За столом сидели си-Аудейк с каким-то арабом, на топчане яванская женщина на пятках готовила для себя бетель. Лежавшие на столе между ним и арабом листы бумаги си-Аудейк поспешно скомкал, явно раздраженный неожиданным визитом. Но он быстро взял себя в руки и, изображая компанейского парня, воскликнул:
– Приветствую тебя, Адипати, сусухунан! Султан Патьярама! Сахарный король! Как поживаешь, красавчик-сердцеед?
Продолжая извергать поток фамильярных приветствий, он подхватил со стола все бумаги и подал знак арабу, по которому тот ушел через другую дверь, в задней стене дома.
– И кого же ты с собой привел, раден мас Адрианус, сладчайший Люсиус?
– Твоего братца, – ответил Адди.
Си-Аудейк быстро поднял глаза.
– Ах вот как, – сказал он; говорил он на смеси ломаного голландского, яванского и малайского. – Узнаю его, законного. И что он тут собирается делать?
– Пришел посмотреть, как ты выглядишь…
Братья посмотрели друг на друга, Тео с любопытством, радуясь сделанному открытию, которое сможет использовать в качестве оружия против своего старика, если понадобится; си-Аудейк – скрывая всю свою зависть, желчь и ненависть под непроницаемостью коричневого лица с умными пронзительными глазами.

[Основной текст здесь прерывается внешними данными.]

//! From programs to their canonical texts.

ghost use Rattle.std.specs.Prelude.{◌≡◌, ◌≤◌, ◌++◌, length, drop, take, codes, OnOk, IfOk};
ghost use Rattle.pc_show.specs.Canonical as spec;
ghost use Rattle.pc_show.specs.Pieces.{bytes_of};

mod compares;
mod exprs;
mod level;
mod lines;
mod names;
mod rights;
mod stmts;

use crate::showing::names::push_names;
use crate::showing::stmts::push_stmts;
use pc_program::Program;
use pc_text::{Names, NoMemory, Text};
use std::alloc::Global;

/// Appends the first line.
fn push_entry(text: &mut Text, names: &Names) -> Result<(), NoMemory>
    requires { names.now.params ≤ length names.now.names }
    ensures { OnOk result (text.new ≡ text.old ++ (codes "entry (" ++ (bytes_of (spec.names_pieces (take names.now.params names.now.names)) ++ codes ") {\n"))) }
{
    text.push_all(b"entry (")?;
    push_names(text, names, 0, names.params())?;
    text.push_all(b") {\n")
}

/// Appends the line of the locals, if there are any.
fn push_locals(text: &mut Text, names: &Names) -> Result<(), NoMemory>
    requires { names.now.params ≤ length names.now.names }
    ensures { OnOk result (text.new ≡ text.old ++ bytes_of (spec.locals_pieces (drop names.now.params names.now.names))) }
{
    if names.params() == names.len() {
        return Ok(());
    }
    text.push_all(b"  var ")?;
    push_names(text, names, names.params(), names.len())?;
    text.push_all(b";\n")
}

/// The canonical text of a program: one statement a line, two spaces a level of nesting, and no
/// parentheses but those that are needed. It refuses for want of memory alone.
pub fn show(alloc: Global, p: &Program) -> Result<Text, NoMemory>
    ensures { IfOk result (λ text. text ≡ spec.program_text p.now.names p.now.body) }
{
    let mut text = Text::new(alloc);
    push_entry(&mut text, &p.names)?;
    push_locals(&mut text, &p.names)?;
    push_stmts(alloc, &mut text, &p.names, b"  ", p.body.as_slice())?;
    text.push_all(b"}\n")?;
    Ok(text)
}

– Ты здесь живешь? – спросил Тео, чтобы хоть что-то сказать.
– Нет, я ненадолго зашел вот к ней, – ответил си-Аудейк, кивнув головой в сторону женщины.
– Твоя мать уже давно умерла?
– Да. А твоя еще жива, не так ли? Она в Батавии. Я ее знаю. Ты с ней видишься?
– Нет.
– Гм… Ты больше любишь свою мачеху?
– С этим все в порядке, – сухо ответил Тео. – Думаю, старик не знает о твоем существовании.
– Все он прекрасно знает.
– А я вот думаю, что не знает. Ты с ним когда-нибудь разговаривал?
– Конечно. Давным-давно. Много лет назад.
– И что?
– Это бессмысленно. Он говорит, что я не его сын…
– Здесь трудно установить однозначно.
– Юридически – да, трудно. Но это факт, и о нем все знают. Во всей Нгадживе.
– И у тебя нет никакого доказательства?
– Только клятва моей матери перед самой смертью, при свидетелях…
– Идем, расскажешь мне обо всем, – сказал Тео. – Идемте все вместе прогуляемся, здесь душно…
Они вышли из домика и побрели по кампонгу обратно, а си-Аудейк рассказывал и рассказывал. Они шли вдоль Брантаса, извивавшегося в вечернем свете под россыпью звезд.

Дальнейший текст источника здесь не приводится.